Weatherwax13 · 29/07/2022 10:07

She's a poisonous bitch and must be a big factor in why you're so sad and punishing yourself with emotional eating. Getting shot of her would be the first step in changing your life for the better love.

StrangeCondition · 29/07/2022 10:17

londonlass71 · 29/07/2022 09:52

Her comments didn't make you overeat. You overate because you're an emotional eater and got triggered. You need to accept responsibility. That said you need to distance yourself from triggers, pls do this.

Way to be supportive 🙄

KatyN · 29/07/2022 10:17

From another angle (but she sounds like a bitch).
Does she (and your husband) understand why you gained the weight? There were traumas which by their nature are traumatic. Keeping those clothes is how you are choosing to deal with Your trauma.

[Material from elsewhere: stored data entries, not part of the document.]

//! A disk in memory.
ghost use Rattle.std.specs.Prelude.{◌≡◌, ℕ, true, ◌+◌, ◌*◌, ◌/◌, ◌<◌, ◌≤◌, ◌↔◌, ◌++◌, length, take, drop, replicate, vec_len, slice_get, IsOk, IfOk, IfErr};
ghost use Rattle.blocks.specs.Contents.{blocks_of, overwritten};
ghost use Rattle.blocks.specs.Images.{IsImage};
ghost use Rattle.blocks.specs.declared.block.TheConstants.{BLOCK_BYTES};
ghost use Rattle.blocks.specs.declared.refusal.Refusal.TheVariants.{BadSetting, NoMemory};

use crate::{BLOCK_BYTES, Block, MAX_BLOCKS, Range, Refusal, Store, StoreFault};
use std::alloc::Global;
use std::marker::Model;

/// The bytes of a block of zeros.
const ZERO_BLOCK: [u8; BLOCK_BYTES] = [0; BLOCK_BYTES];

/// A disk that is one buffer in memory. Its reads and writes never fail.
#[derive(Drop)]
pub struct MemStore {
    bytes: Vec<u8>,
}

impl Model for MemStore {
    ghost use Rattle.std.specs.Prelude.{ℕ, List};
    ghost use Rattle.blocks.specs.Contents.{blocks_of};
    ghost use Rattle.blocks.specs.Images.{IsImage};

    ghost Value = { List (List ℕ) };

    ghost view = { λ s. blocks_of 4096 s.bytes.items };

    ghost invariant = { λ s. IsImage s.bytes.items };
}

impl MemStore {
    /// Returns a disk of `blocks` blocks, 1 to 262,144, each filled with zeros. `NoMemory` (7) if its buffer cannot
    /// be allocated.
    pub fn zeroed(alloc: Global, blocks: u32) -> Result<MemStore, Refusal>
        requires some { 0 < blocks }
        requires few { blocks ≤ 262144 }
        ensures zeros { IfOk result (λ s. s ≡ replicate blocks (replicate 4096 0)) }
        ensures refused { IfErr result (λ e. e ≡ NoMemory) }
    {
        let mut bytes = Vec::with_capacity(alloc, blocks as usize * BLOCK_BYTES)?;
        // A block at a time: without optimization a byte at a time takes a second for each 3,000 blocks.
        for _block in 0..blocks {
            bytes.extend_from_slice(&ZERO_BLOCK)?;
        }
        Ok(MemStore { bytes })
    }

    /// Returns the disk that an image holds. `BadSetting` (15) if the image is not 1 to 262,144 whole blocks; then it
    /// is dropped. It takes no memory.
    pub fn from_image(image: Vec<u8>) -> Result<MemStore, Refusal>
        ensures accepted { IsOk result ↔ IsImage image.items }
        ensures contents { IfOk result (λ s. s ≡ blocks_of 4096 image.items) }
        ensures refused { IfErr result (λ e. e ≡ BadSetting) }
    {
        let len = image.len();
        if len == 0 || len % BLOCK_BYTES != 0 || len / BLOCK_BYTES > MAX_BLOCKS as usize {
            return Err(Refusal::BadSetting);
        }
        Ok(MemStore { bytes: image })
    }
}

impl MemStore {
    /// Returns the bytes of a block, in the disk's buffer.
    pub fn block(&self, block: Block) -> &[u8]
        requires inside { block.0 < length self.now }
        ensures { slice_get self.now block.0 ≡ Some result.now }
    {
        let bytes = self.bytes.as_slice();
        let at = block.0 as usize * BLOCK_BYTES;
        &bytes[at..at + BLOCK_BYTES]
    }

    /// Writes whole blocks from this one on.
    pub(crate) fn overwrite(&mut self, first: Block, bytes: &[u8])
        requires inside { first.0 + length bytes.now / 4096 ≤ length self.old }
        requires whole { 4096 * (length bytes.now / 4096) ≡ length bytes.now }
        ensures { self.new ≡ overwritten self.old first.0 (blocks_of 4096 bytes.now) }
    {
        put(&mut self.bytes, first.0 as usize * BLOCK_BYTES, bytes);
    }
}

impl Store for MemStore {
    ghost contents = { λ s. s };

    ghost faults = { λ _. 0 };

    ghost steady = { λ _. true };

    fn blocks(&self) -> u32 {
        (self.bytes.as_slice().len() / BLOCK_BYTES) as u32
    }

    fn write(&mut self, range: Range, bytes: &[u8]) -> Result<(), StoreFault>
        requires inside { range.first.0 + range.count ≤ length self.old }
        requires whole { length bytes.now ≡ BLOCK_BYTES * range.count }
        ensures works { IsOk result }
        ensures written { self.new ≡ overwritten self.old range.first.0 (blocks_of BLOCK_BYTES bytes.now) }
        ensures size { length self.new ≡ length self.old }
    {
        self.overwrite(range.first, bytes);
        Ok(())
    }

    fn read(&mut self, block: Block, buffer: &mut [u8]) -> Result<(), StoreFault>
        requires inside { block.0 < length self.old }
        requires whole { length buffer.old ≡ BLOCK_BYTES }
        ensures works { IsOk result }
        ensures read { slice_get self.old block.0 ≡ Some buffer.new }
        ensures same { self.new ≡ self.old }
    {
        get(&self.bytes, block.0 as usize * BLOCK_BYTES, buffer);
        Ok(())
    }
}

/// Overwrites the buffer with these bytes, from `at` on.
fn put(buffer: &mut [u8], at: usize, bytes: &[u8])
    requires { at + length bytes.now ≤ length buffer.old }
    ensures { buffer.new ≡ take at buffer.old ++ bytes.now ++ drop (at + length bytes.now) buffer.old }
{
    buffer[at..at + bytes.len()].copy_from_slice(bytes);
}

/// Fills the buffer with the bytes from `at` on.
fn get(bytes: &[u8], at: usize, buffer: &mut [u8])
    requires { at + length buffer.old ≤ length bytes.now }
    ensures { buffer.new ≡ take (length buffer.old) (drop at bytes.now) }
{
    buffer.copy_from_slice(&bytes[at..at + buffer.len()]);
}
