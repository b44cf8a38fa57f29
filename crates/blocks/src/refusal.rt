//! The refusals, each with its number.
ghost use Rattle.std.specs.Prelude.{◌≡◌};
ghost use Rattle.blocks.specs.Numbered.{number_of, is_busy, closes_end};

use std::alloc::{AllocError, AllocFailed};
use thiserror::Error;

/// The reason why a call did nothing, or why an end of a link closed (this project's table).
#[derive(Clone, Copy, Debug, PartialEq, Eq, Error)]
pub enum Refusal {
    #[error("not 1 to 32 whole blocks inside the device and one extent, or a fault that keeps too many blocks")]
    BadRange,
    #[error("overlaps write {0}, which is not completed (0: the block that the resync has under way)")]
    Conflict(u64),
    #[error("the transfer log is full of unreleased writes")]
    LogFull,
    #[error("every active extent has an unreleased write")]
    ActivityFull,
    #[error("the session has accepted as many writes as it can")]
    JournalFull,
    #[error("the connection's stream has as many items as it can")]
    StreamFull,
    #[error("out of memory")]
    NoMemory,
    #[error("the write failed on the local disk")]
    LocalFault,
    #[error("the write is not completed yet")]
    NotCompleted,
    #[error("there is no block to copy now")]
    NothingToDo,
    #[error("the link is full")]
    LinkFull,
    #[error("this end is closed, or the stream has not begun and no write may go without a connection")]
    NotConnected,
    #[error("there is nothing to send, to take or to hand out")]
    NothingThere,
    #[error("the disk failed to read a block")]
    ReadFault,
    #[error("a setting is out of its range, a disk or mark list has another size, or the current identifier is zero")]
    BadSetting,
    #[error("there is no such unfinished write or item")]
    UnknownJob,
    #[error("an earlier epoch is not applied yet")]
    EpochOpen,
    #[error("as many items as may be are waiting for the disk")]
    PendingFull,
    #[error("the receipt is of no completed write here, or is given twice")]
    StrangeReceipt,
    #[error("the frame does not begin with the magic number")]
    BadMagic,
    #[error("the frame's command does not belong here")]
    BadCommand,
    #[error("the frame has another length than its command wants")]
    BadLength,
    #[error("a field of the frame has a value that it may not have")]
    BadField,
    #[error("the peer acknowledged a barrier out of turn")]
    BadBarrierAck,
    #[error("the peer acknowledged what was not sent, or twice")]
    UnknownAck,
    #[error("the peer's data are newer than the primary's")]
    PrimaryStale,
    #[error("both nodes have changed their data since they parted")]
    SplitBrain,
    #[error("the two nodes' data have nothing in common")]
    Unrelated,
    #[error("a generation identifier is zero, stands twice, or has been used before")]
    UsedIdentifier,
    #[error("the peer uses another replication protocol")]
    OtherProtocol,
    #[error("the peer's disk is of another size")]
    OtherSize,
    #[error("an end is still open, or items are left to apply")]
    NotDrained,
}

impl Refusal {
    /// Returns the refusal's number, by which a script names it.
    pub fn number(&self) -> u8
        ensures { result ≡ number_of self.now }
    {
        match self {
            Refusal::BadRange => 1,
            Refusal::Conflict(_) => 2,
            Refusal::LogFull => 3,
            Refusal::ActivityFull => 4,
            Refusal::JournalFull => 5,
            Refusal::StreamFull => 6,
            Refusal::NoMemory => 7,
            Refusal::LocalFault => 8,
            Refusal::NotCompleted => 9,
            Refusal::NothingToDo => 10,
            Refusal::LinkFull => 11,
            Refusal::NotConnected => 12,
            Refusal::NothingThere => 13,
            Refusal::ReadFault => 14,
            Refusal::BadSetting => 15,
            Refusal::UnknownJob => 16,
            Refusal::EpochOpen => 17,
            Refusal::PendingFull => 18,
            Refusal::StrangeReceipt => 19,
            Refusal::BadMagic => 20,
            Refusal::BadCommand => 21,
            Refusal::BadLength => 22,
            Refusal::BadField => 23,
            Refusal::BadBarrierAck => 24,
            Refusal::UnknownAck => 25,
            Refusal::PrimaryStale => 30,
            Refusal::SplitBrain => 31,
            Refusal::Unrelated => 32,
            Refusal::UsedIdentifier => 33,
            Refusal::OtherProtocol => 34,
            Refusal::OtherSize => 35,
            Refusal::NotDrained => 36,
        }
    }

    /// Returns whether the same call may succeed later, as the pair goes on: it waits for a write, the link, the disk
    /// or the peer.
    pub fn is_busy(&self) -> bool
        ensures { result ≡ is_busy self.now }
    {
        matches!(
            self,
            Refusal::Conflict(_)
                | Refusal::LogFull
                | Refusal::ActivityFull
                | Refusal::NotCompleted
                | Refusal::NothingToDo
                | Refusal::LinkFull
                | Refusal::NothingThere
                | Refusal::EpochOpen
                | Refusal::PendingFull
        )
    }

    /// Returns whether the refused frame closes the end that took it: the frame has a fault, the peer could not have
    /// sent it, or its hello does not fit.
    pub fn closes_end(&self) -> bool
        ensures { result ≡ closes_end self.now }
    {
        matches!(
            self,
            Refusal::BadMagic
                | Refusal::BadCommand
                | Refusal::BadLength
                | Refusal::BadField
                | Refusal::BadBarrierAck
                | Refusal::UnknownAck
                | Refusal::PrimaryStale
                | Refusal::SplitBrain
                | Refusal::Unrelated
                | Refusal::UsedIdentifier
                | Refusal::OtherProtocol
                | Refusal::OtherSize
        )
    }
}

impl From<AllocError> for Refusal {
    ghost use Rattle.blocks.specs.declared.refusal.Refusal.TheVariants.{NoMemory};

    ghost from_gives = { λ _ e. e ≡ NoMemory };

    fn from(_: AllocError) -> Refusal {
        Refusal::NoMemory
    }
}

impl<T: Drop> From<AllocFailed<T>> for Refusal {
    ghost use Rattle.blocks.specs.declared.refusal.Refusal.TheVariants.{NoMemory};

    ghost from_gives = { λ _ e. e ≡ NoMemory };

    fn from(_: AllocFailed<T>) -> Refusal {
        Refusal::NoMemory
    }
}
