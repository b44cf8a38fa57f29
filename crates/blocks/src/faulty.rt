//! A disk that fails in the calls for which a test arms it.
ghost use Rattle.std.specs.Prelude.{◌≡◌, ◌+◌, ◌*◌, ◌<◌, ◌≤◌, length, slice_get, Option, None, Some, OnOk, OnErr, is_err};
ghost use Rattle.blocks.specs.Contents.{blocks_of, IsTorn};
ghost use Rattle.blocks.specs.Faults.{written, write_fails, after_read, read_fails, is_steady};
ghost use Rattle.blocks.specs.declared.block.TheConstants.{BLOCK_BYTES};

use crate::ghost_count::GhostCount;
use crate::{BLOCK_BYTES, Block, MemStore, Range, Store, StoreFault};
use std::marker::Model;

/// A disk in memory that fails only in the calls for which it is armed, and counts its faults. None of its calls
/// takes memory.
#[derive(Drop)]
pub struct FaultStore {
    disk: MemStore,
    faults: GhostCount,
    write_arming: Option<WriteArming>,
    // How many reads pass before one fails.
    read_arming: Option<u64>,
}

/// After `passes` writes that succeed, the next one writes only its first `kept` blocks and fails.
#[derive(Clone, Copy)]
struct WriteArming {
    passes: u64,
    kept: u64,
}

impl Model for FaultStore {
    ghost use Rattle.std.specs.Option.{option_map};
    ghost use Rattle.blocks.specs.Faults.{FaultState, WriteArming};

    ghost Value = { FaultState };

    ghost view = { λ s. record {
      disk = s.disk;
      faults = s.faults.count;
      write_arming = option_map (λ a. record { passes = a.passes; kept = a.kept }) s.write_arming;
      read_arming = s.read_arming;
    } };
}

impl FaultStore {
    /// Returns a disk on which no fault is armed.
    pub fn new(disk: MemStore) -> FaultStore
        ensures { result ≡ record { disk = disk; faults = 0; write_arming = None; read_arming = None } }
    {
        FaultStore {
            disk,
            faults: GhostCount::new(),
            write_arming: None,
            read_arming: None,
        }
    }

    /// Returns the bytes of a block, in the disk's buffer. This is not a read, so it never fails.
    pub fn block(&self, block: Block) -> &[u8]
        requires inside { block.0 < length self.now.disk }
        ensures { slice_get self.now.disk block.0 ≡ Some result.now }
    {
        self.disk.block(block)
    }

    /// Makes the next write fail: it writes only its first `kept` blocks, all if it has fewer.
    pub fn arm(&mut self, kept: u64)
        ensures { self.new ≡ record self.old { write_arming = Some (record { passes = 0; kept = kept }) } }
    {
        self.arm_after(0, kept);
    }

    /// Makes the write after the next `passes` ones fail: it writes only its first `kept` blocks, all if it has
    /// fewer. The writes before and after it succeed.
    pub fn arm_after(&mut self, passes: u64, kept: u64)
        ensures { self.new ≡ record self.old { write_arming = Some (record { passes = passes; kept = kept }) } }
    {
        self.write_arming = Some(WriteArming { passes, kept });
    }

    /// Makes the next read fail.
    pub fn arm_read(&mut self)
        ensures { self.new ≡ record self.old { read_arming = Some 0 } }
    {
        self.arm_read_after(0);
    }

    /// Makes the read after the next `passes` ones fail. The reads before and after it succeed.
    pub fn arm_read_after(&mut self, passes: u64)
        ensures { self.new ≡ record self.old { read_arming = Some passes } }
    {
        self.read_arming = Some(passes);
    }
}

impl Store for FaultStore {
    ghost contents = { λ s. s.disk };

    ghost faults = { λ s. s.faults };

    ghost steady = { is_steady };

    fn blocks(&self) -> u32 {
        self.disk.blocks()
    }

    fn write(&mut self, range: Range, bytes: &[u8]) -> Result<(), StoreFault>
        requires inside { range.first.0 + range.count ≤ length self.old.disk }
        requires whole { length bytes.now ≡ BLOCK_BYTES * range.count }
        ensures fails { is_err result ≡ write_fails self.old.write_arming }
        ensures after { self.new ≡ written range.first.0 (blocks_of BLOCK_BYTES bytes.now) self.old }
        ensures torn { OnErr result (IsTorn self.old.disk range.first.0
            (blocks_of BLOCK_BYTES bytes.now) self.new.disk) }
        ensures size { length self.new.disk ≡ length self.old.disk }
    {
        let Some(arming) = self.write_arming else {
            return self.disk.write(range, bytes);
        };
        if arming.passes > 0 {
            self.write_arming = Some(WriteArming {
                passes: arming.passes - 1,
                kept: arming.kept,
            });
            return self.disk.write(range, bytes);
        }
        let kept = arming.kept.min(range.count);
        self.write_arming = None;
        self.faults = self.faults.more();
        self.disk
            .overwrite(range.first, &bytes[..kept as usize * BLOCK_BYTES]);
        Err(StoreFault)
    }

    fn read(&mut self, block: Block, buffer: &mut [u8]) -> Result<(), StoreFault>
        requires inside { block.0 < length self.old.disk }
        requires whole { length buffer.old ≡ BLOCK_BYTES }
        ensures fails { is_err result ≡ read_fails self.old.read_arming }
        ensures read { OnOk result (slice_get self.old.disk block.0 ≡ Some buffer.new) }
        ensures after { self.new ≡ after_read self.old }
    {
        match self.read_arming {
            Some(0) => {
                self.read_arming = None;
                self.faults = self.faults.more();
                return Err(StoreFault);
            }
            Some(passes) => self.read_arming = Some(passes - 1),
            None => {}
        }
        self.disk.read(block, buffer)
    }
}
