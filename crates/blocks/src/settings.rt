//! The settings of a pair, with their ranges.
ghost use Rattle.std.specs.Prelude.{◌≡◌, ◌<◌, ◌≤◌, ◌↔◌, IsTrue, IsOk, IfErr};
ghost use Rattle.blocks.specs.SettingsRange.{IsInRange, standard};
ghost use Rattle.blocks.specs.declared.refusal.Refusal.TheVariants.{BadSetting};

use crate::{MAX_DEVICE_BLOCKS, Refusal};
use std::fmt;

/// When a write counts as completed (DRBD User's Guide, "Replication modes").
#[derive(Clone, Copy, Debug, PartialEq, Eq)]
pub enum Protocol {
    /// Asynchronous: once it is in the link's queue.
    A,
    /// Memory synchronous: once the peer has received it.
    B,
    /// Synchronous: once it is on the peer's disk.
    C,
}

impl fmt::Display for Protocol {
    fn fmt<W: fmt::Write>(&self, f: &mut fmt::Formatter<W>) -> fmt::Result {
        f.write_str(match self {
            Protocol::A => "A",
            Protocol::B => "B",
            Protocol::C => "C",
        })
    }
}

/// The settings of a pair, the same for both nodes (this project's limits).
#[derive(Clone, Copy, Debug, PartialEq, Eq)]
pub struct Settings {
    /// When a write counts as completed.
    pub protocol: Protocol,
    /// Blocks of the device, 1 to 2,147,483,648. A pair, a script and a run take at most 262,144.
    pub blocks: u32,
    /// The most writes of an epoch, 1 to 20,000.
    pub max_epoch: u32,
    /// Active extents, 1 to 1,024.
    pub slots: u32,
    /// Unreleased writes, 1 to 4,096.
    pub backlog: u32,
    /// Frames that a link holds in each direction, 1 to 1,024.
    pub link: u32,
    /// Items that the secondary has taken and not applied, 1 to 4,096.
    pub pending: u32,
}

impl Settings {
    /// Protocol C over 8 blocks, 2,048 writes an epoch, 64 active extents, 1,024 unreleased writes, 64
    /// frames each way and 1,024 pending items.
    pub const STANDARD: Settings = Settings {
        protocol: Protocol::C,
        blocks: 8,
        max_epoch: 2048,
        slots: 64,
        backlog: 1024,
        link: 64,
        pending: 1024,
    };

    /// Checks that each setting is in its range. `BadSetting` (15) if one is not. It takes no memory.
    pub fn check(&self) -> Result<(), Refusal>
        ensures accepted { IsOk result ↔ IsInRange self.now }
        ensures refused { IfErr result (λ e. e ≡ BadSetting) }
    {
        if is_within(self.blocks, MAX_DEVICE_BLOCKS)
            && is_within(self.max_epoch, 20_000)
            && is_within(self.slots, 1024)
            && is_within(self.backlog, 4096)
            && is_within(self.link, 1024)
            && is_within(self.pending, 4096)
        {
            Ok(())
        } else {
            Err(Refusal::BadSetting)
        }
    }
}

fn is_within(value: u32, most: u32) -> bool
    ensures { IsTrue result ↔ ((0 < value) × (value ≤ most)) }
{
    0 < value && value <= most
}

impl Default for Settings {
    ghost use Rattle.std.specs.Prelude.{◌≡◌};
    ghost use Rattle.blocks.specs.SettingsRange.{standard};

    ghost is_default = { λ s. s ≡ standard };

    fn default() -> Settings {
        Settings::STANDARD
    }
}
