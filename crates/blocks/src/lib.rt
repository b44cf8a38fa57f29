//! The types that every layer of the mirror uses: blocks and ranges of a device, the stores that hold them, the
//! settings of a pair, refusals, identifiers, and what a step reports.
#![tactic(auto)]

mod block;
mod command;
mod connection_words;
mod faulty;
mod ghost_count;
mod memory;
mod outcome;
mod position;
mod range;
mod refusal;
mod settings;
mod store;
mod tuple;
mod zeros;

pub use block::{BLOCK_BYTES, Block, EXTENT_BLOCKS, Extent, MAX_BLOCKS, MAX_DEVICE_BLOCKS};
pub use command::Command;
pub use connection_words::ConnectionWords;
pub use faulty::FaultStore;
pub use ghost_count::GhostCount;
pub use memory::MemStore;
pub use outcome::{Decision, Done, Reply, What};
pub use position::StreamPosition;
pub use range::{MAX_RANGE, Range};
pub use refusal::Refusal;
pub use settings::{Protocol, Settings};
pub use store::{Store, StoreFault};
pub use tuple::Tuple;
pub use zeros::are_zeros;
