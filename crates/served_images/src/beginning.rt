//! What a server begins with, as far as it is known before it listens.
use crate::fault::ServeFault;
use crate::image_files::FoundFiles;
use bitmap::Bitmap;
use blocks::Tuple;
use disk_pair::mebibytes;
use image_metadata::{
    BootId, CountedFile, Found, FoundFile, Header, ImageFile, LastEnd, Metadata, MetadataFault,
    OpeningBytes, Start, UNKNOWN, boot_id, create_anew, judge, opening_identifiers,
    serving_identifiers,
};
use image_store::PerDisk;
use kept_nodes::known_marks;
use program_values::ServeOptions;
use serve_page::StartedAfter;
use std::alloc::Global;
use std::io::Write;
use std::random::RandomSource;
use std::rt::Files;
use volume::PairMetadata;

/// The metadata of both images.
pub type ImagesMetadata<M, N> = PairMetadata<ImageFile<M>, ImageFile<N>>;

/// Numbers that no other mirror has, from the system's random ones.
#[derive(Clone, Copy, Debug, PartialEq, Eq)]
pub struct FreshNumbers {
    /// The id of a pair that is made.
    pub pair: u64,
    /// The ids of its two nodes.
    pub local_node: u64,
    pub peer_node: u64,
    /// An identifier of data, the word under which a primary has lost its peer before this start, and the first word of the server's
    /// connections.
    pub identifier: u64,
    pub lost_word: u64,
    pub first_word: u64,
    /// The id of the system, or a number that no system has.
    pub boot: BootId,
}

/// What a server begins with.
#[derive(Drop)]
pub enum Beginning<M: OpeningBytes, N: OpeningBytes> {
    /// It keeps no metadata.
    Unkept,
    /// Neither image has metadata yet: these are the files for it.
    First {
        local: CountedFile,
        peer: CountedFile,
    },
    /// What the metadata of both images says.
    Known(Known<M, N>),
}

/// What the metadata of both images says.
#[derive(Drop)]
pub struct Known<M: OpeningBytes, N: OpeningBytes> {
    pub metadata: ImagesMetadata<M, N>,
    pub own: Tuple,
    pub peer: Tuple,
    pub marks: Bitmap,
    pub after: StartedAfter,
}

impl<M: OpeningBytes, N: OpeningBytes> Beginning<M, N> {
    /// Returns what it follows.
    pub fn after(&self) -> StartedAfter {
        match self {
            Beginning::Unkept => StartedAfter::NoMetadata,
            Beginning::First { .. } => StartedAfter::Nothing,
            Beginning::Known(known) => known.after,
        }
    }
}

/// Returns numbers that no other mirror has. An error if the system gives no random bytes.
pub fn fresh_numbers<'a, H: Files + AllocGlobal + RandomSource>(
    rt: &H,
) -> Result<FreshNumbers, ServeFault<'a>> {
    let mut bytes = [0u8; 64];
    if let Err(error) = rt.fill_bytes(&mut bytes) {
        return Err(ServeFault::NoRandomBytes(error));
    }
    let boot = match boot_id(rt) {
        Some(boot) => boot,
        None => BootId {
            high: word(&bytes, 40),
            low: word(&bytes, 48),
        },
    };
    Ok(FreshNumbers {
        pair: word(&bytes, 0) | 1,
        local_node: word(&bytes, 8) | 1,
        peer_node: word(&bytes, 16) | 1,
        identifier: word(&bytes, 24) | 1,
        lost_word: word(&bytes, 56) | 1,
        // Far from the end, so that a server has words for as long as it lives.
        first_word: (word(&bytes, 32) >> 1) | 2,
        boot,
    })
}

// Returns the word that begins at this byte.
fn word(bytes: &[u8; 64], first: usize) -> u64 {
    let mut word = 0u64;
    for byte in bytes.iter().skip(first).take(8) {
        word = word << 8 | u64::from(*byte);
    }
    word
}

/// Returns what a server begins with over these metadata files, and says on `err` what it will copy.
pub fn begin<'a, M: OpeningBytes, N: OpeningBytes, E: Write>(
    alloc: Global,
    options: &ServeOptions<'a>,
    blocks: u32,
    files: Option<FoundFiles<M, N>>,
    numbers: FreshNumbers,
    err: &mut E,
) -> Result<Beginning<M, N>, ServeFault<'a>> {
    let Some(files) = files else {
        return Ok(Beginning::Unkept);
    };
    let FoundFiles { found, local, peer } = files;
    let start = judge(&found.local, &found.peer, numbers.boot);
    match (start, local, peer) {
        (Start::First, FoundFile::Empty(local), FoundFile::Empty(peer)) => {
            Ok(Beginning::First { local, peer })
        }
        (Start::WrongWayRound, _, _) => {
            Err(ServeFault::WrongWayRound(options.local, options.peer))
        }
        (start, local, peer) => match take_up(alloc, blocks, start, local, peer, numbers) {
            Ok(known) => {
                tell(options, start, known.marks.count(), known.peer, err);
                Ok(Beginning::Known(known))
            }
            Err(fault) => Err(ServeFault::UnmadeMetadata(options.local, fault)),
        },
    }
}

// Returns the file of the peer's metadata, which has to be made anew if it is of another pair.
fn of_pair<N: OpeningBytes>(file: FoundFile<N>, pair: u64) -> FoundFile<N> {
    match file {
        FoundFile::Whole(metadata) => {
            if metadata.header().pair == pair {
                return FoundFile::Whole(metadata);
            }
            FoundFile::Empty(metadata.into_file().into_raw())
        }
        FoundFile::Empty(file) => FoundFile::Empty(file),
    }
}

// Takes up what the metadata of both images says, and makes anew what cannot be used.
fn take_up<M: OpeningBytes, N: OpeningBytes>(
    alloc: Global,
    blocks: u32,
    start: Start,
    local: FoundFile<M>,
    peer: FoundFile<N>,
    numbers: FreshNumbers,
) -> Result<Known<M, N>, MetadataFault> {
    let mut local = whole(alloc, local, local_header(blocks, &numbers), &numbers)?;
    let marks = known_marks(alloc, &mut local)?;
    let header = Header {
        pair: local.header().pair,
        node: numbers.peer_node,
        blocks: u64::from(blocks),
    };
    let peer = of_pair(peer, header.pair);
    let mut peer = whole(alloc, peer, header, &numbers)?;
    let opening = opening_identifiers(
        start,
        local.identifiers().tuple,
        peer.identifiers().tuple,
        marks.count() > 0,
        numbers.lost_word,
    );
    let secondary_of = local.header().node;
    local.save(&serving_identifiers(opening.own, true, numbers.boot, 0))?;
    peer.save(&serving_identifiers(
        opening.peer,
        !opening.is_peer_doubted,
        numbers.boot,
        secondary_of,
    ))?;
    Ok(Known {
        metadata: PairMetadata {
            primary: Some(local),
            secondary: Some(peer),
            is_peer_doubted: opening.is_peer_doubted,
        },
        own: opening.own,
        peer: opening.peer,
        marks,
        after: started_after(start, opening.peer),
    })
}

// Returns what a server starts after, whose secondary begins with this tuple.
fn started_after(start: Start, peer: Tuple) -> StartedAfter {
    match start {
        Start::Marked { last, .. } if peer != UNKNOWN => match last {
            LastEnd::Clean => StartedAfter::CleanEnd,
            LastEnd::Killed => StartedAfter::Kill,
            LastEnd::PowerLost => StartedAfter::PowerLoss,
        },
        _ => StartedAfter::Unknown,
    }
}

// Returns the metadata of a file, made anew if it cannot be used.
fn whole<X: OpeningBytes>(
    alloc: Global,
    file: FoundFile<X>,
    header: Header,
    numbers: &FreshNumbers,
) -> Result<Metadata<ImageFile<X>>, MetadataFault> {
    match file {
        FoundFile::Whole(metadata) => Ok(metadata),
        FoundFile::Empty(file) => {
            let tuple = Tuple::new(numbers.identifier, 0, 0, 0);
            create_anew(
                alloc,
                file,
                header,
                &serving_identifiers(tuple, true, numbers.boot, 0),
            )
        }
    }
}

/// Returns the header of the local image's metadata, in a pair that is made.
pub fn local_header(blocks: u32, numbers: &FreshNumbers) -> Header {
    Header {
        blocks: u64::from(blocks),
        pair: numbers.pair,
        node: numbers.local_node,
    }
}

/// Says what is copied: `count` blocks are marked or active, and the peer's disk begins with these identifiers.
pub fn tell<E: Write>(
    options: &ServeOptions<'_>,
    start: Start,
    count: u32,
    peer_tuple: Tuple,
    err: &mut E,
) {
    let (local, peer) = (options.local, options.peer);
    let _ = match start {
        Start::Marked { last, .. } if peer_tuple != UNKNOWN => writeln!(
            err,
            "the last server {last}: {count} blocks ({} MiB) of {local} are copied over {peer}",
            mebibytes(count)
        ),
        Start::Whole(reason) => writeln!(err, "all of {local} is copied over {peer}: {reason}"),
        _ => writeln!(
            err,
            "all of {local} is copied over {peer}: it has no identifier by which its blocks are known"
        ),
    };
}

That's really badly explained.. but my experience: I had my driving licence taken away for medical grounds. I had no idea if I would ever get it back. It was a tough time getting a diagnosis and dealing with it.
My husband suggested we sell our second car. I had to explain I wasn't ready to accept I would never drive again and for the cost of tax I needed to keep it.

For the cost of storage (and these people who need your old clothes) you might not be ready to accept the trauma.

Also I'm available to tell her to do one.

Luredbyapomegranate · 29/07/2022 10:29

She sounds like a total bitch, so more than annoying.

Look up grey rock and start applying that technique to her.

Contact your community centre and look around locally and try and find an assertiveness course.

Look up alternative ways to deal with your emotions than comfort eating. bEAT is a good online resource.